Sunday 4 November 2018

Bed levelling, attempt #1

The one remaining annoyance on my printer is that it's not level. Over time, one Z axis goes a bit higher, which eventually makes enough of a difference that the print head will go too high and print into thin air - better than crashing into the bed, but still not good. Until now, I have started each printing session with manually measuring what the Z offset should be, occasionally adjusting one Z axis enough that the two sides are at the same height (the bed itself bulges by about 0.1mm). But I have printed a holder for a proximity sensor, and it's time to mount it!

I have an LJ12a3-4-Z/BX sensor, which will sense up to 4mm away. Trying it out with a voltage regulator (7805CT) gives me a nice constant voltage - of 2.5V. Wut? I see a number of people have problems with some probes, but also that not all probes are created equal. I also see that there is such a thing as an 8mm-sensing probe, and a probe that runs on 5V (LJ18A3-8-Z/BX 5V), but the latter might just be an underpowered 6-36V-capable sensor.

I was getting quite confused about this, until I read this article of somebody else being confused. They go into a goodly amount of detail of how they figured out the resistance setup and what they did to deal with a floating pin. This comment on another similar thread also makes sense: The output is either 0V (when something is close) or floating (otherwise).

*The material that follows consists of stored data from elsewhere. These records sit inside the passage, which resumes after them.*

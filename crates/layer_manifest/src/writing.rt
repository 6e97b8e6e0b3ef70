//! Manifests, written.
ghost use Rattle.std.specs.Prelude.{◌≡◌, ◌++◌, ◌∷◌, [], ◌≤◌, length, take, OnOk, OnErr};
ghost use Rattle.table_descriptors.specs.Fields.{list_code, flag_code};
ghost use Rattle.layer_manifest.specs.Manifests.{IsProperManifest};
ghost use Rattle.layer_manifest.specs.ManifestFiles.{version_code, bounds_code, chunk_code, descriptor_code, table_code, scope_code, names_code, times_code, manifest_code};

use crate::manifest::{ChunkInfo, Manifest, TablePart};
use mvcc_keys::{Blob, Memory, put_time};
use table_descriptors::{Descriptor, Scope, put_ids, put_number, put_sized, write_descriptor};

fn put_flag(flag: bool, out: &mut Vec<u8>) -> Result<(), Memory>
    ensures ok { OnOk result (out.new.items ≡ out.old.items ++ flag_code flag ∷ []) }
    ensures err { OnErr result (out.new.items ≡ out.old.items) }
{
    out.push(u8::from(flag)).map_err(|_| Memory)
}

fn put_bounds(bounds: &Option<(Blob, Blob)>, out: &mut Vec<u8>) -> Result<(), Memory>
    ensures ok { OnOk result (out.new.items ≡ out.old.items ++ bounds_code bounds.now) }
    ensures err { OnErr result (take (length out.old.items) out.new.items ≡ out.old.items) }
{
    let Some((least, greatest)) = bounds else {
        return Ok(());
    };
    put_sized(least.as_slice(), out)?;
    put_sized(greatest.as_slice(), out)
}

fn put_chunk(chunk: &ChunkInfo, out: &mut Vec<u8>) -> Result<(), Memory>
    ensures ok { OnOk result (out.new.items ≡ out.old.items ++ chunk_code chunk.now) }
    ensures err { OnErr result (take (length out.old.items) out.new.items ≡ out.old.items) }
{
    put_number(u64::from(chunk.entries), out)?;
    put_number(chunk.length, out)?;
    out.extend_from_slice(&chunk.digest).map_err(|_| Memory)?;
    put_bounds(&chunk.bounds, out)
}

fn put_chunks(chunks: &[ChunkInfo], out: &mut Vec<u8>) -> Result<(), Memory>
    ensures ok { OnOk result (out.new.items ≡ out.old.items ++ list_code chunk_code chunks.now) }
    ensures err { OnErr result (take (length out.old.items) out.new.items ≡ out.old.items) }
{
    put_number(chunks.len() as u64, out)?;
    for chunk in chunks {
        put_chunk(chunk, out)?;
    }
    Ok(())
}

/// Appends a descriptor after its length. Its bytes are made beside the others first.
fn put_descriptor(descriptor: &Descriptor, out: &mut Vec<u8>) -> Result<(), Memory>
    ensures ok { OnOk result (out.new.items ≡ out.old.items ++ descriptor_code descriptor.now) }
    ensures err { OnErr result (take (length out.old.items) out.new.items ≡ out.old.items) }
{
    let mut bytes = Vec::new(*out.allocator());
    write_descriptor(descriptor, &mut bytes)?;
    put_sized(bytes.as_slice(), out)
}

fn put_descriptors(descriptors: &[Descriptor], out: &mut Vec<u8>) -> Result<(), Memory>
    ensures ok { OnOk result (out.new.items ≡ out.old.items ++ list_code descriptor_code descriptors.now) }
    ensures err { OnErr result (take (length out.old.items) out.new.items ≡ out.old.items) }
{
    put_number(descriptors.len() as u64, out)?;
    for d in descriptors {
        put_descriptor(d, out)?;
    }
    Ok(())
}

#[tactic(auto, using(table_descriptors::proofs::FieldLaws::kept_front))]
fn put_table(table: &TablePart, out: &mut Vec<u8>) -> Result<(), Memory>
    ensures ok { OnOk result (out.new.items ≡ out.old.items ++ table_code table.now) }
    ensures err { OnErr result (take (length out.old.items) out.new.items ≡ out.old.items) }
{
    put_number(u64::from(table.id), out)?;
    put_flag(table.introduced, out)?;
    put_descriptors(table.descriptors.as_slice(), out)?;
    put_chunks(table.chunks.as_slice(), out)
}

fn put_tables(tables: &[TablePart], out: &mut Vec<u8>) -> Result<(), Memory>
    ensures ok { OnOk result (out.new.items ≡ out.old.items ++ list_code table_code tables.now) }
    ensures err { OnErr result (take (length out.old.items) out.new.items ≡ out.old.items) }
{
    put_number(tables.len() as u64, out)?;
    for table in tables {
        put_table(table, out)?;
    }
    Ok(())
}

fn put_scope(scope: &Scope, out: &mut Vec<u8>) -> Result<(), Memory>
    ensures ok { OnOk result (out.new.items ≡ out.old.items ++ scope_code scope.now) }
    ensures err { OnErr result (take (length out.old.items) out.new.items ≡ out.old.items) }
{
    match scope {
        Scope::Database(name) => {
            out.push(1).map_err(|_| Memory)?;
            put_sized(name.as_bytes(), out)
        }
        Scope::Tables(ids) => {
            out.push(2).map_err(|_| Memory)?;
            put_ids(ids.as_slice(), out)
        }
    }
}

impl Manifest {
    /// Appends the version, the cluster and the job.
    fn put_names(&self, out: &mut Vec<u8>) -> Result<(), Memory>
        requires { self.now.version ≤ 2 }
        ensures ok { OnOk result (out.new.items ≡ out.old.items ++ names_code self.now) }
        ensures err { OnErr result (take (length out.old.items) out.new.items ≡ out.old.items) }
    {
        let mark = [b'M', b'A', b'N', b'0' + self.version];
        out.extend_from_slice(&mark).map_err(|_| Memory)?;
        put_sized(self.cluster.as_bytes(), out)?;
        put_number(u64::from(self.job), out)
    }

    /// Appends the times and the flag of history.
    fn put_times(&self, out: &mut Vec<u8>) -> Result<(), Memory>
        ensures ok { OnOk result (out.new.items ≡ out.old.items ++ times_code self.now) }
        ensures err { OnErr result (take (length out.old.items) out.new.items ≡ out.old.items) }
    {
        put_time(self.full, out)?;
        put_time(self.start, out)?;
        put_time(self.end, out)?;
        put_time(self.floor, out)?;
        put_flag(self.history, out)
    }

    #[tactic(auto, unfolding(crate::specs::ManifestFiles::manifest_code))]
    fn put(&self, out: &mut Vec<u8>) -> Result<(), Memory>
        requires { self.now.version ≤ 2 }
        ensures ok { OnOk result (out.new.items ≡ out.old.items ++ manifest_code self.now) }
        ensures err { OnErr result (take (length out.old.items) out.new.items ≡ out.old.items) }
    {
        self.put_names(out)?;
        self.put_times(out)?;
        put_scope(&self.scope, out)?;
        put_tables(self.tables.as_slice(), out)
    }
}

/// Appends a manifest, in the form of its version.
pub fn write_manifest(manifest: &Manifest, out: &mut Vec<u8>) -> Result<(), Memory>
    requires { IsProperManifest manifest.now }
    ensures ok { OnOk result (out.new.items ≡ out.old.items ++ manifest_code manifest.now) }
    ensures err { OnErr result (out.new.items ≡ out.old.items) }
{
    let before = out.len();
    let done = manifest.put(out);
    if done.is_err() {
        out.truncate(before);
    }
    done
}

Mine does have a nice little diagram on it, showing that Brown is +, Black is out, and Blue is Ground, with the sensor switch being between Brown and Black. It's also an NPN. The resistance between black and blue in mine was not a standard 10K, but a constantly changing amount in the mOhm range. There's no connection between the other wires. Also noteworthy is that my sensor has an orange tip, where most of the ones talked about have a blue one.

Feeding in 16V (because that's how much the 12V power supply I grabbed actually gives, unless my multimeter is borken), I see 13.6V on the sensor output when the sensor is open. If I add a 10K resistor between output and ground, it drops to 8V, with 20K it drops to 5.5V, so a 22K resistor ought to do it. Unfortunately, the sensor doesn't sense anything anymore, the LED doesn't light up, and the voltage doesn't drop. Only if I wire it wrongly does the LED light up, and then permanently.

Wait... now the voltage supply is giving nearly 18V. And the multimeter is showing a little battery sign. Maybe the battery... let's try the battery tester... shows nothing at all. Surely a battery can't be that dead, no, then the multimeter would have done nothing. Testing with some other batteries, yes, the battery tester is also dead. Why is everything broken?!? Oh, I can scavenge one from the smoke alarm in the kitchen (we recently got fancy smoke alarms in all rooms for free anyway) - nope, that one is also dead.

Total body count from today's exercise:

1 proximity sensor
2 9V batteries
1 cheap battery tester
Any progress today on getting the proximity sensor installed
1 12V power supply possibly injured
1 multimeter temporarily out

I suppose if I get an 8mm one as a replacement, I could put the copper tape I got from Ric under the glass. I'm doubtful that a 4mm sensor would do well enough there. Then I could even have a full grid level. OTOH, that would not measure the actual glass surface. I should also an NC probe though, for failsafe.

I'm not going to replace the mechanical endstop with the probe, for one thing they're at opposite ends, for another I don't really trust the probe as much.